### HOW TO COMPLETE THIS TASK
Only lines that contain the word "lowest" belong in the answer; copy them from the records below.

### RECORD EXCERPTS
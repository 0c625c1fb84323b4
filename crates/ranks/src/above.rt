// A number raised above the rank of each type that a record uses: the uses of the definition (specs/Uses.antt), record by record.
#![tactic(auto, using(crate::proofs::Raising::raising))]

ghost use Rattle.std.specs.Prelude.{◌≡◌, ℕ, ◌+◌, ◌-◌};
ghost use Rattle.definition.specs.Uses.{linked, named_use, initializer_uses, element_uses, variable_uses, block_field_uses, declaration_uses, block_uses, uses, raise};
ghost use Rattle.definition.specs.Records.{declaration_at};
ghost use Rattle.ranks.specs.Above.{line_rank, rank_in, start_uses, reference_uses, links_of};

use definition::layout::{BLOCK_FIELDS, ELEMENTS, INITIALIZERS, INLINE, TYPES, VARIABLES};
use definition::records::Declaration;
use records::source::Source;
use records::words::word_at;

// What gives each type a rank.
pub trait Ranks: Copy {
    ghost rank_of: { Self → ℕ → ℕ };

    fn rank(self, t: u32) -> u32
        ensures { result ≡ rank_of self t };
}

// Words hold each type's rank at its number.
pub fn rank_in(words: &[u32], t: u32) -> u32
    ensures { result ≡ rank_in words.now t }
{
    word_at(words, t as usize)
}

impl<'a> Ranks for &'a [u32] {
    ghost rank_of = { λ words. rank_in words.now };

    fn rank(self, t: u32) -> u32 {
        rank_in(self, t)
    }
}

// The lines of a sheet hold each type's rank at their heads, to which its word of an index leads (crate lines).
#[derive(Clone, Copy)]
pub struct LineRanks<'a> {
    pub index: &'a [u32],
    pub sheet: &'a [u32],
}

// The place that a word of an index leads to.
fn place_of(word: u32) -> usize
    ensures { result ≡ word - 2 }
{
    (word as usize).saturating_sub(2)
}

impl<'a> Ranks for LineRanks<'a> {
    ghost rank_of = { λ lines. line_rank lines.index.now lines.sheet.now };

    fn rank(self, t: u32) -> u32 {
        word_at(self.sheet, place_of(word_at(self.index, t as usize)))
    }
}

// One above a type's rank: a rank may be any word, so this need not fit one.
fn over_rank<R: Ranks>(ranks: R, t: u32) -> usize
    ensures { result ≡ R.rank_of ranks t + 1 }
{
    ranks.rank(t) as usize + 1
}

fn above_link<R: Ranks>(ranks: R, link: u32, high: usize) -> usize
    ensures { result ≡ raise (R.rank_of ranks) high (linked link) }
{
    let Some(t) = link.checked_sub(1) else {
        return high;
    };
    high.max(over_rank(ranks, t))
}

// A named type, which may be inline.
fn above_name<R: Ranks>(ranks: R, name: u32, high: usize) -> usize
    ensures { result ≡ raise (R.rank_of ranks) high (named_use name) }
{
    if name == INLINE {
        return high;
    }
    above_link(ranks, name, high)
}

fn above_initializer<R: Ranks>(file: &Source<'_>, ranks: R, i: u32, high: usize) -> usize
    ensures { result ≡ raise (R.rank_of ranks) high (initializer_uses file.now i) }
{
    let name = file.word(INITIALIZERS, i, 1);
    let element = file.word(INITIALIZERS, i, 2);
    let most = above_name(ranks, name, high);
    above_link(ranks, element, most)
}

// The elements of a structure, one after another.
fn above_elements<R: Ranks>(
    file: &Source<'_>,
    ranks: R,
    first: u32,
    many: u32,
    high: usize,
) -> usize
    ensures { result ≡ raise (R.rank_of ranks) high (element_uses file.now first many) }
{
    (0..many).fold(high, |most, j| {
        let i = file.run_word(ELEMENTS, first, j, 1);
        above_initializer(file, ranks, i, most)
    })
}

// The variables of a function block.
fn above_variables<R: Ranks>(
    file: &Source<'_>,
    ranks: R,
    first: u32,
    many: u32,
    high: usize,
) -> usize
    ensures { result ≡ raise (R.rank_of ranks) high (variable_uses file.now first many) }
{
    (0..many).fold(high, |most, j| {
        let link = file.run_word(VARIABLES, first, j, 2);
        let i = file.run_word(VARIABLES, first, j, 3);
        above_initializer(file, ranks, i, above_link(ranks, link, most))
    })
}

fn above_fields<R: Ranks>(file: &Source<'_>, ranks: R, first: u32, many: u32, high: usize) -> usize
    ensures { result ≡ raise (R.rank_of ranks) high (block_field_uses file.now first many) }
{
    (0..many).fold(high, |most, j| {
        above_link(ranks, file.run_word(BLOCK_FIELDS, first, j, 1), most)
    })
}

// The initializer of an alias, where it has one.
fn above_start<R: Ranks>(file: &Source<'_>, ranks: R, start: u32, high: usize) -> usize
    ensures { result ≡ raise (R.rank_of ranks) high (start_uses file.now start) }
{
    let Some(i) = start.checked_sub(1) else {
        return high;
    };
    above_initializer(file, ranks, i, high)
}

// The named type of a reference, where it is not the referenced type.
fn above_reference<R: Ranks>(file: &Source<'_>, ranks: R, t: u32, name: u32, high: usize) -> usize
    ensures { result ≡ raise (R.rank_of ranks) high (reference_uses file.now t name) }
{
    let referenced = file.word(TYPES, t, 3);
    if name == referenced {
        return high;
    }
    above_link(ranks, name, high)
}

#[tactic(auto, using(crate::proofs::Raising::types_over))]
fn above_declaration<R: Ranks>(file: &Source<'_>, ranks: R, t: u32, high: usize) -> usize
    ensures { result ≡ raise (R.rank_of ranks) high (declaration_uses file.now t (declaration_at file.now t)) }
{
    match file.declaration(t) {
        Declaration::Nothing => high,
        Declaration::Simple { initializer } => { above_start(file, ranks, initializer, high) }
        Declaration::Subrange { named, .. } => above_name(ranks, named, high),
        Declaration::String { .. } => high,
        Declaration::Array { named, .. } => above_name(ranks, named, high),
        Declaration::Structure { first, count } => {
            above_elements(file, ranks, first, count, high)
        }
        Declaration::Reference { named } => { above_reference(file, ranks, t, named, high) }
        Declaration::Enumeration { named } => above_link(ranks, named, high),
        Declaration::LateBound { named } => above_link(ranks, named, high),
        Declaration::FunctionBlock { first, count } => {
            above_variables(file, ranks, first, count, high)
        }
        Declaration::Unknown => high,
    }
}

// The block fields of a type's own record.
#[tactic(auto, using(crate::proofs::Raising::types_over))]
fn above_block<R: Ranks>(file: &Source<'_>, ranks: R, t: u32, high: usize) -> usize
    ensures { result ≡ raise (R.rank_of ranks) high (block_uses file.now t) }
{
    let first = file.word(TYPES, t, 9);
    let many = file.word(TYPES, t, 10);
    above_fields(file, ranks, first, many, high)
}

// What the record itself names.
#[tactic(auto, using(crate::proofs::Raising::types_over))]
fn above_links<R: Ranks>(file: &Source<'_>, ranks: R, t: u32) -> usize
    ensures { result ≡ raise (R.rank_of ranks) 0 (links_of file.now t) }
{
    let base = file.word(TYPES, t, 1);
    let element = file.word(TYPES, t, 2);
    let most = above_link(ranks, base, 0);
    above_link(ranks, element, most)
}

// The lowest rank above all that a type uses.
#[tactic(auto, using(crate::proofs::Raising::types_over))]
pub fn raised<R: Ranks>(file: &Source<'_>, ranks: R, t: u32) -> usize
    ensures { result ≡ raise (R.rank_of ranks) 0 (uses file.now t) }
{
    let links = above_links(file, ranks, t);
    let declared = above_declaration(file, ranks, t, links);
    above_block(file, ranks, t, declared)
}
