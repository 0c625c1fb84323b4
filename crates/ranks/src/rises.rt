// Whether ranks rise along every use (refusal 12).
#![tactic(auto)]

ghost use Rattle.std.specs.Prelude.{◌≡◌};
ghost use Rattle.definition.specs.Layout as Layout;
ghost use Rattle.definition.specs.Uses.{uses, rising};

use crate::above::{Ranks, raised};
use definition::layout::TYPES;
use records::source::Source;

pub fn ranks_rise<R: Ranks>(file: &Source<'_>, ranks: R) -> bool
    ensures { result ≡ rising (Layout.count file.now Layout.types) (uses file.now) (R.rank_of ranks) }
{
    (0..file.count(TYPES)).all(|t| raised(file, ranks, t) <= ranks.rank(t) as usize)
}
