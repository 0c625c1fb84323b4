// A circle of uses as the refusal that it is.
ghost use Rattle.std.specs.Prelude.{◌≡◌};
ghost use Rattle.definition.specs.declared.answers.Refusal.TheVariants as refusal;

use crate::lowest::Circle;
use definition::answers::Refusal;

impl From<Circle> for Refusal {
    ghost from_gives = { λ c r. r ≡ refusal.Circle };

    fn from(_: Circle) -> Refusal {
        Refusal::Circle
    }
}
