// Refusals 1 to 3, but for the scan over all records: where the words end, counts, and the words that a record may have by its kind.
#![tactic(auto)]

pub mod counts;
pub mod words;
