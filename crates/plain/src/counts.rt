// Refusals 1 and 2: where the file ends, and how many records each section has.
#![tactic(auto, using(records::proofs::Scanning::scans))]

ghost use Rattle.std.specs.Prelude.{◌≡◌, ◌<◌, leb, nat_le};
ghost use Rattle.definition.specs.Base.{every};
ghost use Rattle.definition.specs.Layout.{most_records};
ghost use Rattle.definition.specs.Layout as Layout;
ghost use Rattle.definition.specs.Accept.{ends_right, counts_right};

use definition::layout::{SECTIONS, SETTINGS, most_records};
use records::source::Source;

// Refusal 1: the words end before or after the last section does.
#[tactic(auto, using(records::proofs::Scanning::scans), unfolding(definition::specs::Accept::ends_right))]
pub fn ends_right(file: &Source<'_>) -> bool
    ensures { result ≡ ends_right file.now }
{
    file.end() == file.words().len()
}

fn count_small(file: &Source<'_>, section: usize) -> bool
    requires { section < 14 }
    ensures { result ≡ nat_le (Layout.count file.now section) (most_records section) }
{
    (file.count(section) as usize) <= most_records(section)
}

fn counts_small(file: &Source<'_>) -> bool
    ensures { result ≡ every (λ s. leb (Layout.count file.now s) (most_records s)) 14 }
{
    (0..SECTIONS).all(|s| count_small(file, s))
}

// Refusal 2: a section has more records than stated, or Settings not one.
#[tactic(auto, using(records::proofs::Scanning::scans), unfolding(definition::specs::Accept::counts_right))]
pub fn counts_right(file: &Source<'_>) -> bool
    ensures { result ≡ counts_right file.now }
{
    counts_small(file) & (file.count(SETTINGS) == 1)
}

### ANSWER BOX
// The lowest rank above all that a type uses.
use crate::lowest::Circle;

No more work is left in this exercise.